Pavlick encouraged patients to “think about the impact of opening and closing supplement bottles day after day, or storing them in a kitchen window or in a bathroom in high humidity.”
“Are you mail ordering your vitamins? Do they sit in the mailbox for days in the hot sun, or left in a purse or backpack in the trunk or the backseat of a car during the summer? These storage conditions are often not considered by the consumer when we speak of product quality—yet they should be,” she said.
That said, if stored correctly, certain types of products will keep for some time even after a best by date has passed. Shao explained that for the majority of supplements, the expiration date “is not a hard cut-off.” While a product’s composition will change over time, “that does not mean that all the ingredients have suddenly degraded after that date. So think of the expiration date as a general guideline,” he suggested.
Despite the voluntary nature of supplement expiration dating, responsible manufacturers take stability testing seriously, and patients who use their products can trust that dates indicated are evidence-based.
“It would be odd for a dietary supplement product not to include a date of some kind, and such products should probably be avoided,” Shao cautioned.
If an expiration date seems close to the time of purchase––for example, one month out on a bottle containing a six-month supply––that’s another sign to seek a different product.
Health professionals can guide patients toward high-quality products by requesting that supplement companies provide or discuss their stability data.
Pavlick recommended some key questions to ask manufacturers:
“Do they arbitrarily assign a two-year expiration, or do they have data (to support that date)?

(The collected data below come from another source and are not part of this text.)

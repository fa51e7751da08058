//! Rounds at the gates.

ghost use Rattle.std.specs.Prelude.{◌≡◌, ◌≤◌, All, OnOk};
ghost use Rattle.vfs_gates.specs.TaskStates.{IsFrom};

use anyhow::{Result, bail};
use std::alloc::Global;
use std::rt::Clock;
use std::sync::Wait;
use std::thread;
use std::thread::{Parker, Threads};
use std::time::{Duration, Instant};
use vfs_gates::{Config, GateError, Gates, Holder, Kind, Task};

/// What a round is.
#[derive(Clone, Copy)]
pub(crate) enum Round {
    /// An access at mount 0, taken and given back.
    Mount,
    /// A place inside level 1, taken and given back.
    Level,
    /// Write access: both.
    WriteAccess,
    /// A freeze and its thaw, by one task. The levels stay on their slow path.
    Freeze,
    /// A freeze and its thaw, and the callbacks of the levels. Each freeze and each callback waits for a grace period at each level.
    FreezeAndCallbacks,
    /// A remount to read-only and one back, by one task.
    Remounts,
    /// A snapshot of the frozen file system, by one task.
    Snapshot,
    /// A file, opened and closed, by one task.
    File,
    /// A place inside level 1, which all tasks but the first wait for while the first one has all frozen, for as many milliseconds as there are rounds.
    Wait,
    /// A file, created and removed, by one task.
    CreateAndRemove,
    /// A file, made larger by one block, by one task.
    Grow,
    /// Two moves of a file, there and back, by one task.
    Moves,
    /// A page fault and a write-back of a file, by one task.
    FaultAndFlush,
}

/// Takes an access at mount 0 and gives it back, so often, on the processor with the task's own number, and says whether each call
/// was done.
fn want_and_drop(task: &mut Task, gates: &Gates, count: u32) -> bool
    requires { IsFrom task.old gates.now }
{
    let cpu = task.number();
    for _round in 0..count {
        if task.try_want(gates, 0, cpu).is_err() || task.drop_mount(gates, 0, cpu).is_err() {
            return false;
        }
    }
    true
}

/// Goes inside level 1 and leaves it, so often, on the processor with the task's own number, and says whether each call was done.
fn start_and_end(task: &mut Task, gates: &Gates, count: u32) -> bool
    requires { IsFrom task.old gates.now }
{
    let cpu = task.number();
    for _round in 0..count {
        if task.try_start(gates, 1, cpu).is_err() || task.end(gates, 1, cpu).is_err() {
            return false;
        }
    }
    true
}

/// Takes write access at mount 0 and gives it back, so often, on the processor with the task's own number, and says whether each call was
/// done.
fn want_and_drop_write<R: Wait>(task: &mut Task, rt: &R, gates: &Gates, count: u32) -> bool
    requires { IsFrom task.old gates.now }
{
    let cpu = task.number();
    for _round in 0..count {
        let wanted = task.want_write(rt, gates, 0, cpu);
        if wanted.is_err() || task.drop_write(gates, 0, cpu).is_err() {
            return false;
        }
    }
    true
}

/// Freezes and thaws once, and says whether each call was done.
fn freeze_and_thaw<R: Wait>(task: &mut Task, rt: &R, gates: &Gates) -> bool
    requires { IsFrom task.old gates.now }
    ensures { IsFrom task.new gates.now }
{
    let frozen = task.freeze(rt, gates, Holder::User, &mut ());
    frozen.is_ok() && task.thaw(rt, gates, Holder::User, &mut ()).is_ok()
}

/// Runs the callbacks of the three levels, and says whether each call was done.
fn call_back<R: Wait>(task: &mut Task, rt: &R, gates: &Gates) -> bool
    requires { IsFrom task.old gates.now }
    ensures { IsFrom task.new gates.now }
{
    for level in 1..4 {
        if task.callback(rt, gates, level).is_err() {
            return false;
        }
    }
    true
}

/// Freezes and thaws so often, with the callbacks after each thaw where they are asked for.
fn freezes<R: Wait>(task: &mut Task, rt: &R, gates: &Gates, callbacks: bool, count: u32) -> bool
    requires { IsFrom task.old gates.now }
{
    for _round in 0..count {
        if !freeze_and_thaw(task, rt, gates) || callbacks && !call_back(task, rt, gates) {
            return false;
        }
    }
    true
}

/// Remounts to read-only and back so often, and says whether each call was done.
fn remounts<R: Wait>(task: &mut Task, rt: &R, gates: &Gates, count: u32) -> bool
    requires { IsFrom task.old gates.now }
{
    for _round in 0..count {
        let there = task.remount_sb(rt, gates, true, &mut ());
        if there.is_err() || task.remount_sb(rt, gates, false, &mut ()).is_err() {
            return false;
        }
    }
    true
}

/// Freezes, and takes so many snapshots, and says whether each call was done.
fn snapshots<R: Wait>(task: &mut Task, rt: &R, gates: &Gates, count: u32) -> bool
    requires { IsFrom task.old gates.now }
{
    if task.freeze(rt, gates, Holder::User, &mut ()).is_err() {
        return false;
    }
    for _round in 0..count {
        if task.snapshot(rt, gates).is_err() {
            return false;
        }
    }
    true
}

/// Makes a file, and opens and closes it so often, and says whether each call was done.
fn open_and_close<R: Wait>(task: &mut Task, rt: &R, gates: &Gates, count: u32) -> bool
    requires { IsFrom task.old gates.now }
{
    let cpu = task.number();
    if task.want_write(rt, gates, 0, cpu).is_err() {
        return false;
    }
    let Ok(file) = task.create(gates, 0, Kind::File) else {
        return false;
    };
    if task.drop_write(gates, 0, cpu).is_err() {
        return false;
    }
    for _round in 0..count {
        let opened = task.open_file(gates, file);
        if opened.is_err() || task.close_file(rt, gates, file, cpu).is_err() {
            return false;
        }
    }
    true
}

/// Sleeps for so many milliseconds and thaws, as the task that has all frozen. Any other task goes inside level 1 and leaves it, once all is thawed.
fn thaw_or_wait<R: Wait>(task: &mut Task, rt: &R, gates: &Gates, milliseconds: u32) -> bool
    requires { IsFrom task.old gates.now }
{
    let cpu = task.number();
    if cpu == 0 {
        Parker::new().park_timeout(rt, Duration::from_millis(u64::from(milliseconds)));
        return task.thaw(rt, gates, Holder::User, &mut ()).is_ok();
    }
    task.start(rt, gates, 1, cpu).is_ok() && task.end(gates, 1, cpu).is_ok()
}

/// Creates a file in the root and removes it so often, and says whether each call was done.
fn create_and_remove<R: Wait>(task: &mut Task, rt: &R, gates: &Gates, count: u32) -> bool
    requires { IsFrom task.old gates.now }
{
    let cpu = task.number();
    if task.want_write(rt, gates, 0, cpu).is_err() {
        return false;
    }
    for _round in 0..count {
        let Ok(file) = task.create(gates, 0, Kind::File) else {
            return false;
        };
        if task.remove(gates, file).is_err() {
            return false;
        }
    }
    true
}

/// Makes a file, and makes it larger so often, and says whether each call was done.
fn grows<R: Wait>(task: &mut Task, rt: &R, gates: &Gates, count: u32) -> bool
    requires { IsFrom task.old gates.now }
{
    let cpu = task.number();
    if task.want_write(rt, gates, 0, cpu).is_err() {
        return false;
    }
    let Ok(file) = task.create(gates, 0, Kind::File) else {
        return false;
    };
    for _round in 0..count {
        if task.grow(gates, file, 1).is_err() {
            return false;
        }
    }
    true
}

/// Makes a file and a directory, and moves the file there and back so often, and says whether each call was done.
fn moves<R: Wait>(task: &mut Task, rt: &R, gates: &Gates, count: u32) -> bool
    requires { IsFrom task.old gates.now }
{
    let cpu = task.number();
    if task.want_write(rt, gates, 0, cpu).is_err() {
        return false;
    }
    let Ok(dir) = task.create(gates, 0, Kind::Dir) else {
        return false;
    };
    let Ok(file) = task.create(gates, 0, Kind::File) else {
        return false;
    };
    for _round in 0..count {
        let there = task.move_to(gates, file, dir);
        if there.is_err() || task.move_to(gates, file, 0).is_err() {
            return false;
        }
    }
    true
}

/// Makes a file, and makes it dirty and clean so often, and says whether each call was done.
fn fault_and_flush<R: Wait>(task: &mut Task, rt: &R, gates: &Gates, count: u32) -> bool
    requires { IsFrom task.old gates.now }
{
    let cpu = task.number();
    if task.want_write(rt, gates, 0, cpu).is_err() {
        return false;
    }
    let Ok(file) = task.create(gates, 0, Kind::File) else {
        return false;
    };
    if task.start(rt, gates, 2, cpu).is_err() || task.start(rt, gates, 3, cpu).is_err() {
        return false;
    }
    for _round in 0..count {
        let faulted = task.fault(gates, file);
        if faulted.is_err() || task.flush(gates, file).is_err() {
            return false;
        }
    }
    true
}

/// Does so many rounds of one kind.
fn do_rounds<R: Wait>(task: &mut Task, rt: &R, gates: &Gates, round: Round, count: u32) -> bool
    requires { IsFrom task.old gates.now }
{
    match round {
        Round::Mount => want_and_drop(task, gates, count),
        Round::Level => start_and_end(task, gates, count),
        Round::WriteAccess => want_and_drop_write(task, rt, gates, count),
        Round::Freeze => freezes(task, rt, gates, false, count),
        Round::FreezeAndCallbacks => freezes(task, rt, gates, true, count),
        Round::Remounts => remounts(task, rt, gates, count),
        Round::Snapshot => snapshots(task, rt, gates, count),
        Round::File => open_and_close(task, rt, gates, count),
        Round::Wait => thaw_or_wait(task, rt, gates, count),
        Round::CreateAndRemove => create_and_remove(task, rt, gates, count),
        Round::Grow => grows(task, rt, gates, count),
        Round::Moves => moves(task, rt, gates, count),
        Round::FaultAndFlush => fault_and_flush(task, rt, gates, count),
    }
}

/// Splits tasks off until there are so many, the first among them. They are put behind those that are there.
fn split_off(
    alloc: Global,
    gates: &Gates,
    first: &mut Task,
    threads: u8,
    tasks: &mut Vec<Task>,
) -> Result<(), GateError>
    requires first { IsFrom first.old gates.now }
    requires tasks { All (λ task. IsFrom task gates.now) tasks.old.items }
    ensures first { OnOk result (IsFrom first.new gates.now) }
    ensures tasks { OnOk result (All (λ task. IsFrom task gates.now) tasks.new.items) }
{
    for _number in 1..threads {
        let other = first.split(alloc, gates)?;
        let Ok(()) = tasks.push(other) else {
            return Err(GateError::NoMemory);
        };
    }
    Ok(())
}

/// How long these tasks take for so many rounds each, every one in a thread of its own.
fn time_tasks<R: Threads + Wait + Clock + Sync>(
    rt: &R,
    gates: &Gates,
    tasks: Vec<Task>,
    round: Round,
    count: u32,
) -> Result<Duration>
    requires { All (λ task. IsFrom task gates.now) tasks.items }
{
    let start = Instant::now(rt)?;
    let done = thread::map_vec(
        rt,
        tasks,
        &|task| -> bool
            requires { IsFrom task gates.now }
        {
            let mut task = task;
            do_rounds(&mut task, rt, gates, round, count)
        },
    )?;
    let took = start.elapsed(rt);
    let is_refused = done.contains(&false);
    drop(done);
    if is_refused {
        bail!("a call at the gates was refused");
    }
    Ok(took?)
}

/// Times the first task and those that are split off from it, so many in all.
fn time_first<R: Threads + Wait + Clock + Sync>(
    rt: &R,
    alloc: Global,
    gates: &Gates,
    mut first: Task,
    threads: u8,
    round: Round,
    count: u32,
) -> Result<Duration>
    requires { IsFrom first gates.now }
{
    if let Round::Wait = round {
        first.freeze(rt, gates, Holder::User, &mut ())?;
    }
    let mut tasks = Vec::new(alloc);
    split_off(alloc, gates, &mut first, threads, &mut tasks)?;
    tasks.push(first)?;
    time_tasks(rt, gates, tasks, round, count)
}

/// How long so many rounds take each of so many tasks, with as many processors. All but pairs and waits are done by one task. A snapshot has as many
/// nodes.
pub(crate) fn measure<R: Threads + Wait + Clock + Sync>(
    rt: &R,
    alloc: Global,
    round: Round,
    size: u8,
    count: u32,
) -> Result<Duration> {
    let nodes = match round {
        Round::Snapshot => size,
        Round::Moves => 3,
        _ => 2,
    };
    let capacity = match round {
        Round::Grow => count,
        _ => 0,
    };
    let config = Config {
        tasks: size,
        processors: size,
        mounts: 1,
        nodes,
        capacity,
    };
    let threads = match round {
        Round::Mount | Round::Level | Round::WriteAccess | Round::Wait => size,
        _ => 1,
    };
    let (gates, first) = Gates::new(alloc, config)?;
    time_first(rt, alloc, &gates, first, threads, round, count)
}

Are they using intentional overages?
If so, for which ingredients?
Has the potential for toxic mega-dosing been considered?”
She stressed that responsible brands will have these answers and will be happy to discuss them with you. “Be sure to ask your customer service or sales representative to put you in touch with the scientists in product development or within the quality department.”
Other indicators can help guide patients towards higher-caliber products. A number of supplements have a USP verification mark or GMP registration seal on their labels, both of which provide additional information about a product’s contents and safety.
The USP (United States Pharmacopeia) Dietary Supplement Verification Program is a voluntary program open to manufacturers of dietary supplement products worldwide. It provides independent third-party testing of supplement quality, purity, potency, performance, and consistency, in accordance with federally recognized US Pharmacopeia–National Formulary (USP–NF) and FDA cGMP standards.
NSF is another independent certification body that registers nutritional supplement makers who meet GMP requirements. The NSF “GMP Registered” logo assures consumers that products contain the identity, strength, composition, quality, and purity of ingredients they claim to provide.
As always, “a patient-practitioner dialogue about dietary supplements is important,” Sirois said. He encouraged patients to “check with their healthcare providers and read the label before taking any dietary supplement product.”